Is there an intuition why character based models language bases models are preferred over word based. For example Karpathy builds his language model by predicting the next character in Karpathy Blog.

The aspect I am struggling with is that not each combination of characters is a word, so intuitively I would try to predict the next word (or word embedding and calculate squared error). I think this is also used in the sentence embedding proposed by Kiros Skip Thought.

So my question is what are advantages and disadvantages for character based language models in comparison to word based models.

Best Answer

The main advantage of working with character-level generative models is that the discrete space you're working with is much smaller -- there are about 97 English-language characters in common usage if we include all punctuation marks. By contrast, a vocabulary is many thousands of words. This implies that just storing the word embeddings will require a lot of memory, and including word embeddings in a model adds many, many parameters to the model so the computational cost is much higher on this account than the character-level model.

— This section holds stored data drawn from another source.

// The records of a book whose header fits, 10 to 13 and 17: the first bad one of each type, in book order.
#![tactic(auto)]

ghost use Rattle.std.specs.Prelude.{◌≡◌};
ghost use Rattle.book.specs.Records.{C, N, K, specialist, assets_of, mitigants_start};
ghost use Rattle.book.specs.Check.{counts_add, counterparties_check, assets_check, mitigants_check, specialist_check};
ghost use Rattle.book.specs.Accepted.{HeaderFits};

use book::Assets;
use refusal::Refusal;

// Refusal 10.
pub fn counterparties_check(b: &[u8], c: usize) -> Result<(), Refusal>
    requires { HeaderFits b.now × (c ≡ C b.now) }
    ensures { result ≡ counterparties_check b.now }
{
    match (1..c + 1).find(|&place| !fields::good_counterparty(b, place)) {
        Some(place) => Err(Refusal::Counterparty(place as u16)),
        None => Ok(()),
    }
}

// Refusal 11.
pub fn assets_check(b: &[u8], c: u16, n: usize, assets: Assets) -> Result<(), Refusal>
    requires { HeaderFits b.now × (c ≡ C b.now) × (n ≡ N b.now) × (assets ≡ assets_of b.now) }
    ensures { result ≡ assets_check b.now }
{
    match (1..n + 1).find(|&place| !fields::good_asset(c, book::asset_at(b, assets, place))) {
        Some(place) => Err(Refusal::Asset(place as u16)),
        None => Ok(()),
    }
}

// Refusal 12.
pub fn mitigants_check(b: &[u8], c: u16, k: usize, start: usize) -> Result<(), Refusal>
    requires { HeaderFits b.now × (c ≡ C b.now) × (k ≡ K b.now) × (start ≡ mitigants_start b.now) }
    ensures { result ≡ mitigants_check b.now }
{
    match (1..k + 1).find(|&place| !fields::good_mitigant(c, book::mitigant_at(b, start, place))) {
        Some(place) => Err(Refusal::Mitigant(place as u16)),
        None => Ok(()),
    }
}

// The counts of mitigants added up, for 13: 16 bits each, so they fit.
pub fn counts_add(b: &[u8], n: usize, assets: Assets) -> usize
    requires { HeaderFits b.now × (n ≡ N b.now) × (assets ≡ assets_of b.now) }
    ensures { result ≡ counts_add b.now }
{
    let mut sum = 0;
    for place in 1..n + 1 {
        sum += usize::from(book::asset_at(b, assets, place).count);
    }
    sum
}

// Refusal 17: the first asset with an entry that a specialist fund alone may have.
pub fn specialist_check(b: &[u8], marked: bool, n: usize, assets: Assets) -> Result<(), Refusal>
    requires { HeaderFits b.now × (marked ≡ specialist b.now) × (n ≡ N b.now) × (assets ≡ assets_of b.now) }
    ensures { result ≡ specialist_check b.now }
{
    match (1..n + 1).find(|&place| !fields::entry_allowed(
        marked,
        book::asset_at(b, assets, place),
    )) {
        Some(place) => Err(Refusal::SpecialistEntry(place as u16)),
        None => Ok(()),
    }
}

Mispelled words or other words not appearing in the vocabulary are usually treated as a special "unknown" token. This suffices for some practical contexts, but it also means that the model is not terribly flexible when it comes to generate new text.

On the other hand, character-level models can spontaneously generate unusual words with some (small) probability. As you point out, this can also mean that nonsense words or obvious typos can creep into the generated text, but in my experience, a well-trained generative model usually does pretty well at learning how to spell.

One of the key papers in character-level RNNs is "Generating Sequences With Recurrent Neural Networks" by Alex Graves.